▶ **WHAT IS EXPECTED**
Could you write out each of the records below exactly?

Collected data
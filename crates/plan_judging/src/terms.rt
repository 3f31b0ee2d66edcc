//! The terms of one law of a plan, gathered.
use assembly::Assembly;
use netlist::limits::MOST_TERMS;
use netlist::terms::RawTerm;
use std::marker::Model;

/// At most eight terms, in the first places of an array, which needs no memory.
#[derive(Drop)]
pub struct LawTerms {
    terms: [RawTerm; MOST_TERMS],
    count: usize,
}

// Clauses see the list of the terms.
impl Model for LawTerms {
    ghost use Rattle.std.specs.Prelude.{ℕ, List, ◌≤◌, take};
    ghost use Rattle.netlist.specs.declared.terms.RawTerm.{RawTerm};
    ghost use Rattle.netlist.specs.Limits.{most_terms_of_law};

    ghost Value = { List (RawTerm ℕ) };

    ghost view = { λ l. take l.count l.terms };

    ghost invariant = { λ l. l.count ≤ most_terms_of_law };
}

impl LawTerms {
    ghost use Rattle.std.specs.Prelude.{◌≡◌, take};
    ghost use Rattle.netlist.specs.Limits.{most_terms_of_law};
    ghost use Rattle.assembly.specs.Meaning.{terms_of};
    ghost use Rattle.plan_judging.specs.Terms.{law_from};

    /// The first eight terms of law `k`, its variables counted from `from` on. A plan's law has no more. Past the
    /// last law there are none.
    pub fn of<A: Assembly>(part: &A, k: usize, from: u16) -> LawTerms
        ensures { result ≡ take most_terms_of_law (law_from from (terms_of (A.Assembly.meaning part.now) k)) }
    {
        let mut terms = [RawTerm::value(0, 0); MOST_TERMS];
        for t in 0..MOST_TERMS {
            let Some(term) = part.term(k, t) else {
                return LawTerms { terms, count: t };
            };
            terms[t] = RawTerm {
                coefficient: term.coefficient,
                order: term.order,
                variable: usize::from(from) + term.variable as usize,
            };
        }
        LawTerms {
            terms,
            count: MOST_TERMS,
        }
    }

    /// The terms in their order.
    pub fn as_slice(&self) -> &[RawTerm]
        ensures { result.now ≡ self.now }
    {
        &self.terms[..self.count]
    }
}
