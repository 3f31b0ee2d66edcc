//! The rows of a plan are judged in turn.
ghost use Rattle.std.specs.Prelude.{◌≡◌, ◌≤◌, length};
ghost use Rattle.refusal.specs.Answers.{Tells};
ghost use Rattle.assembly.specs.Meaning.{rows_of};
ghost use Rattle.assembly.specs.Plans.{most_of_plan};
ghost use Rattle.plan_judging.specs.Alone.{judge_rows_of};

use crate::refusals::PlaceRefusal;
use crate::setting::PlanSetting;
use assembly::Assembly;
use draft::rows::judge_row;
use netlist::rows::Row;

// Judges each row with those before it drawn. `taken` is lent, and has a flag for each variable.
pub(crate) fn judge_rows<A: Assembly>(
    part: &A,
    rows: usize,
    taken: &mut [bool],
) -> Result<(), PlaceRefusal>
    requires all { rows ≡ length (rows_of (A.Assembly.meaning part.now)) }
    requires few { rows ≤ most_of_plan }
    ensures { Tells (judge_rows_of (A.Assembly.meaning part.now) (length taken.old)) result }
{
    taken.fill(false);
    for k in 0..rows {
        let row = Row::from(part.row(k).unwrap());
        let setting = PlanSetting { part, taken };
        if let Err(inner) = judge_row(&setting, row) {
            return Err(PlaceRefusal::Row {
                row: k as u16,
                inner,
            });
        }
        taken[row.flow()] = true;
        taken[row.across()] = true;
    }
    Ok(())
}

▶ **RESPONSE TO THE EXERCISE**
filename crates/plan_judging/src/terms.rt
repository 3f31b0ee2d66edcc
//! The terms of one law of a plan, gathered.
use assembly::Assembly;
use netlist::limits::MOST_TERMS;
use netlist::terms::RawTerm;
use std::marker::Model;

/// At most eight terms, in the first places of an array, which needs no memory.
#[derive(Drop)]
pub struct LawTerms {
    terms: [RawTerm; MOST_TERMS],
    count: usize,
}

// Clauses see the list of the terms.
impl Model for LawTerms {
    ghost use Rattle.std.specs.Prelude.{ℕ, List, ◌≤◌, take};
    ghost use Rattle.netlist.specs.declared.terms.RawTerm.{RawTerm};
    ghost use Rattle.netlist.specs.Limits.{most_terms_of_law};

    ghost Value = { List (RawTerm ℕ) };

    ghost view = { λ l. take l.count l.terms };

    ghost invariant = { λ l. l.count ≤ most_terms_of_law };
}

impl LawTerms {
    ghost use Rattle.std.specs.Prelude.{◌≡◌, take};
    ghost use Rattle.netlist.specs.Limits.{most_terms_of_law};
    ghost use Rattle.assembly.specs.Meaning.{terms_of};
    ghost use Rattle.plan_judging.specs.Terms.{law_from};

    /// The first eight terms of law `k`, its variables counted from `from` on. A plan's law has no more. Past the
    /// last law there are none.
    pub fn of<A: Assembly>(part: &A, k: usize, from: u16) -> LawTerms
        ensures { result ≡ take most_terms_of_law (law_from from (terms_of (A.Assembly.meaning part.now) k)) }
    {
        let mut terms = [RawTerm::value(0, 0); MOST_TERMS];
        for t in 0..MOST_TERMS {
            let Some(term) = part.term(k, t) else {
                return LawTerms { terms, count: t };
            };
            terms[t] = RawTerm {
                coefficient: term.coefficient,
                order: term.order,
                variable: usize::from(from) + term.variable as usize,
            };
        }
        LawTerms {
            terms,
            count: MOST_TERMS,
        }
    }

    /// The terms in their order.
    pub fn as_slice(&self) -> &[RawTerm]
        ensures { result.now ≡ self.now }
    {
        &self.terms[..self.count]
    }
}
repository 3f31b0ee2d66edcc
//! The rows of a plan are judged in turn.
ghost use Rattle.std.specs.Prelude.{◌≡◌, ◌≤◌, length};
ghost use Rattle.refusal.specs.Answers.{Tells};
ghost use Rattle.assembly.specs.Meaning.{rows_of};
ghost use Rattle.assembly.specs.Plans.{most_of_plan};
ghost use Rattle.plan_judging.specs.Alone.{judge_rows_of};

use crate::refusals::PlaceRefusal;
use crate::setting::PlanSetting;
use assembly::Assembly;
use draft::rows::judge_row;
use netlist::rows::Row;

// Judges each row with those before it drawn. `taken` is lent, and has a flag for each variable.
pub(crate) fn judge_rows<A: Assembly>(
    part: &A,
    rows: usize,
    taken: &mut [bool],
) -> Result<(), PlaceRefusal>
    requires all { rows ≡ length (rows_of (A.Assembly.meaning part.now)) }
    requires few { rows ≤ most_of_plan }
    ensures { Tells (judge_rows_of (A.Assembly.meaning part.now) (length taken.old)) result }
{
    taken.fill(false);
    for k in 0..rows {
        let row = Row::from(part.row(k).unwrap());
        let setting = PlanSetting { part, taken };
        if let Err(inner) = judge_row(&setting, row) {
            return Err(PlaceRefusal::Row {
                row: k as u16,
                inner,
            });
        }
        taken[row.flow()] = true;
        taken[row.across()] = true;
    }
    Ok(())
}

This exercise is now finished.